I have a similar issue with both of my Pi Zero W. Now and then, they drop out of my WiFi for about 70-72 minutes (every time). Very sporadically, sometimes after days/weeks without any issue. Nothing unusual in the log files.
As a crude and quick solution I was thinking about a small Node-RED flow that restarts the Wifi service after n failed pings.
The curious thing is the duration of ~72 minutes, but I haven't had the time to investigate any deeper, because the devices always reconnect after that period.
LEDs crazy blinking reminds me of the kernel panics... might be worth looking into what happens at that moment, but if you can’t access the machine at all when it happens that gets harder.
Just as a bit more, this is the block of text I found:
What you want is the modern way of configuring network interfaces, which is event-driven: when an interface is brought up, an event is fired and dhcpcd configures networking (see /etc/dhcpcd.conf). When an interface disappears, an event is fired and dhcpcd deconfigures networking.
In a sense, it is all "hotplug" by default now.
Forget the old commands "ifup wlan0" / "ifdown wlan0".
Instead get in the habit of using "ifconfig wlan0 up" / "ifconfig wlan0 down". Or, to be entirely up-to-date, "ip link set wlan0 up" / "ip link set wlan0 down". These commands will make dhcpcd do something.
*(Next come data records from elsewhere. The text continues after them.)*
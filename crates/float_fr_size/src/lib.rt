// The size of an fr: the largest that does not exceed the space, with every track that it would shrink held at its base
// (specs/Fr.antt names the Rust's float steps in the Rust's order).
#![tactic(auto)]

ghost use Rattle.std.specs.Prelude.{◌≡◌, ◌<◌, length};
ghost use Rattle.float_fr_size.specs.Fr.{grows, add_to, holds_for, flex_at, sums_of, all_hold, fr_size, FrLengths};

use float_track::f32_max;

// What the search reads of a track.
#[derive(Clone, Copy)]
pub(crate) struct Flex {
    flexible: bool,
    factor: f32,
    base: f32,
}

// The tracks of a search: whether each is flexible, and its factor, apart as C lends them.
#[derive(Clone, Copy)]
pub struct Flexes<'a> {
    tracks: &'a [[f32; 5]],
    flexible: &'a [bool],
    factors: &'a [f32],
    ghost lengths: { FrLengths tracks.now flexible.now factors.now },
}

// The base sizes of the tracks held inflexible, and the factors of the others.
#[derive(Clone, Copy)]
pub(crate) struct Sums {
    used: f32,
    factors: f32,
}

impl Flex {
    // The track is flexible at this size of an fr: its part reaches its base. A NaN reaches nothing.
    fn grows(self, fr: f32) -> bool
        ensures { result ≡ grows self fr }
    {
        self.flexible && self.factor * fr >= self.base
    }

    fn add_to(self, fr: f32, sums: Sums) -> Sums
        ensures { result ≡ add_to self fr sums }
    {
        if self.grows(fr) {
            return Sums {
                used: sums.used,
                factors: sums.factors + self.factor,
            };
        }
        Sums {
            used: sums.used + self.base,
            factors: sums.factors,
        }
    }

    // The new size does not shrink the track, or the previous one did and it is held already.
    fn holds(self, fr: f32, previous: f32) -> bool
        ensures { result ≡ holds_for self fr previous }
    {
        !self.flexible || self.factor * fr >= self.base || self.factor * previous < self.base
    }
}

impl<'a> Flexes<'a> {
    ghost use Rattle.float_fr_size.specs.Flexes.{over};

    pub fn new(tracks: &'a [[f32; 5]], flexible: &'a [bool], factors: &'a [f32]) -> Flexes<'a>
        requires { FrLengths tracks.now flexible.now factors.now }
        ensures { (result.tracks.now ≡ tracks.now) × (result.flexible.now ≡ flexible.now) × (result.factors.now ≡ factors.now) }
    {
        Flexes {
            tracks,
            flexible,
            factors,
        }
    }

    fn flex(&self, i: usize) -> Flex
        requires { i < length self.now.tracks.now }
        ensures { result ≡ over flex_at self.now i }
    {
        Flex {
            flexible: self.flexible[i],
            factor: self.factors[i],
            base: self.tracks[i][0],
        }
    }

    #[tactic(auto, using(crate::proofs::Passes::by_turn))]
    fn sums_of(&self, fr: f32) -> Sums
        ensures { result ≡ over sums_of self.now fr }
    {
        let mut sums = Sums {
            used: 0.0,
            factors: 0.0,
        };
        // By index, since a flex is made of three lists at a place.
        for i in 0..self.tracks.len() {
            sums = self.flex(i).add_to(fr, sums);
        }
        sums
    }

    // A `for`, since the rule says it of each place below a number: over `all` of a range the proof did not close.
    fn all_hold(&self, fr: f32, previous: f32) -> bool
        ensures { result ≡ over all_hold self.now fr previous }
    {
        for i in 0..self.tracks.len() {
            if !self.flex(i).holds(fr, previous) {
                return false;
            }
        }
        true
    }

    // Passes until the size holds for every track, one more than there are tracks at most.
    #[tactic(auto, using(crate::proofs::Passes::by_pass))]
    pub fn find_size_of_fr(&self, space: f32) -> f32
        ensures { result ≡ over fr_size self.now space }
    {
        if space == 0.0 {
            return 0.0;
        }
        let most = self.tracks.len() + 1;
        let mut fr = f32::INFINITY;
        for _ in 0..most {
            let previous = fr;
            let sums = self.sums_of(previous);
            fr = (space - sums.used) / f32_max(sums.factors, 1.0);
            if self.all_hold(fr, previous) {
                return fr;
            }
        }
        fr
    }
}
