const FLIPPED_ELE: &[u8] = b"2 3 0\n0 0 3 2\n1 1 2 3\n";

const REPORT: &[u8] = b"operations 1\nnodes 4\ntriangles 2\narea2 32\n";

const ONE_CHUNK: &[u8] = b"0\n0\n";

const ALL_LENGTHS: &[u8] = b"default 0 1000\n";

const SQUARE_NODE: &[u8] = b"4 2 0 0\n0 0 0\n1 4 0\n2 4 4\n3 0 4\n";

const SQUARE_ELE: &[u8] = b"2 3 0\n0 0 1 2\n1 0 2 3\n";

// The files of a mesh.
#[derive(Clone, Copy)]
struct Input<'a> {
    node: &'a [u8],
    ele: &'a [u8],
    part: &'a [u8],
    size: &'a [u8],
}

const SQUARE: Input<'static> = Input {
    node: SQUARE_NODE,
    ele: SQUARE_ELE,
    part: ONE_CHUNK,
    size: ALL_LENGTHS,
};

const KITE: Input<'static> = Input {
    node: KITE_NODE,
    ele: KITE_ELE,
    ..SQUARE
};

// The mesh of two triangles on a base line, with a node in the middle of it.
const ROOF: Input<'static> = Input {
    node: b"4 2 0 0\n0 0 0\n1 4 0\n2 8 0\n3 4 4\n",
    ele: b"2 3 0\n0 0 1 3\n1 1 2 3\n",
    ..SQUARE
};

// Puts the files of a mesh.
fn put_mesh(shelf: &mut MemShelf, input: Input<'_>) -> Result<(), Fail> {
    shelf.put("k.node", input.node)?;
    shelf.put("k.ele", input.ele)?;
    shelf.put("k.part", input.part)?;
    shelf.put("k.size", input.size)?;
    Ok(())
}

// The files of a mesh and a journal on a shelf with room for what is written, of which these calls will fail.
fn failing(
    alloc: Global,
    input: Input<'_>,
    journal: &[u8],
    fail: Vec<Call>,
) -> Result<MemShelf, Fail> {
    let mut shelf = MemShelf::new(alloc, fail);
    put_mesh(&mut shelf, input)?;
    shelf.put("o.journal", journal)?;
    make_room(&mut shelf, &["o.node", "o.ele", "o.part"], 1000)?;
    Ok(shelf)
}

// The files of a mesh and a journal on a shelf with room for what is written, of which no call will fail.
fn shelf_of(alloc: Global, input: Input<'_>, journal: &[u8]) -> Result<MemShelf, Fail> {
    failing(alloc, input, journal, Vec::new(alloc))
}

// Room for files of these names, each of so many bytes.
fn make_room(shelf: &mut MemShelf, names: &[&str], bytes: u64) -> Result<(), Fail> {
    for name in names {
        shelf.room(name, bytes)?;
    }
    Ok(())
}

// A sink with room for what is said.
fn sink(alloc: Global) -> Result<MemSink, Fail> {
    let mut out = MemSink::new(alloc, Vec::new(alloc));
    out.room(1000)?;
    Ok(out)
}

fn holds(shelf: &MemShelf, name: &str, bytes: &[u8]) -> bool {
    match shelf.get(name) {
        Some(file) => file == bytes,
        None => false,
    }
}

// The file of this name is held, and has these bytes.
fn assert_held<R: Abort>(rt: &R, shelf: &MemShelf, name: &str, bytes: &[u8]) {
    assert!(rt; holds(shelf, name, bytes), "{name}");
}

// No file of these names is held.
fn assert_absent<R: Abort>(rt: &R, shelf: &MemShelf, names: &[&str]) {
    for name in names {
        assert!(rt; shelf.get(name).is_none(), "{name}");
    }
}

// Runs, and holds the status against this.
fn assert_status<R: Abort + AllocGlobal + Threads + Sync, S: Shelf>(
    rt: &R,
    words: &[&str],
    shelf: &mut S,
    out: &mut MemSink,
    status: u8,
) {
    let ended = run(rt, rt.alloc(), words, shelf, out, &OpenGate);
    assert_eq!(rt; ended, status, "{words:?}");
}

// What these words made the program say is this.
fn assert_said<R: Abort>(rt: &R, words: &[&str], out: &MemSink, said: &[u8]) {
    assert!(rt; out.text() == said, "{words:?}: {said:?}");
}

// Runs, and holds the status and what is said against these.
fn assert_run<R: Abort + AllocGlobal + Threads + Sync>(
    rt: &R,
    words: &[&str],
    shelf: &mut MemShelf,
    status: u8,
    said: &[u8],
) -> Result<(), Fail> {
    let mut out = sink(rt.alloc())?;
    assert_status(rt, words, shelf, &mut out, status);
    assert_said(rt, words, &out, said);
    Ok(())
}

// The words of a run, its status, and what it says.
type Row<'a> = (&'a [&'a str], u8, &'a [u8]);

// Runs over the kite and its flip that write nothing, each with the status and what is said in its row.
fn assert_runs<R: Abort + AllocGlobal + Threads + Sync>(
    rt: &R,
    rows: &[Row<'_>],
) -> Result<(), Fail> {
    let mut shelf = shelf_of(rt.alloc(), KITE, KITE_FLIP)?;
    for (words, status, said) in rows {
        assert_run(rt, words, &mut shelf, *status, said)?;
    }
    assert_absent(rt, &shelf, &["o.node"]);
    Ok(())
}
True. But can't sudo dmesg see back a couple of boots?
I reboot it, let it settle down, SSH to it and do the command.
I don't see anything worrying or indicative of a kernel panic.
(Though I have had fun with kernel panics not being recorded on another machine. LUCKILY the message had some junk in it which then led to finding the kernel panic. This one doesn't have anything like that.)
On the other machine when the dmesg was done the dates were dating back days and it was only at the end when we saw the recent events. (and the corruption of the file) which led to working out it was a kernel panic.
But that's on another machine.
Ok. So if it happens, I unplug it, move it to a good place plug in monitor/keyboard and see what dmesg says then?
But that will show that boot, not the previous session which hung.
I'm hoping that it is just upset and if I reset the wlan0 with the command it will be happy.
Alas it is a catch 22.
I can't really prove it and will have to wait for it to happen again.
Thing is: How do I detect it?
The command you said.... Yeah. Nice, but when the interface is down, what does it given?
I'm guessing I am going to have to parse it looking for something specific which indicates it is down.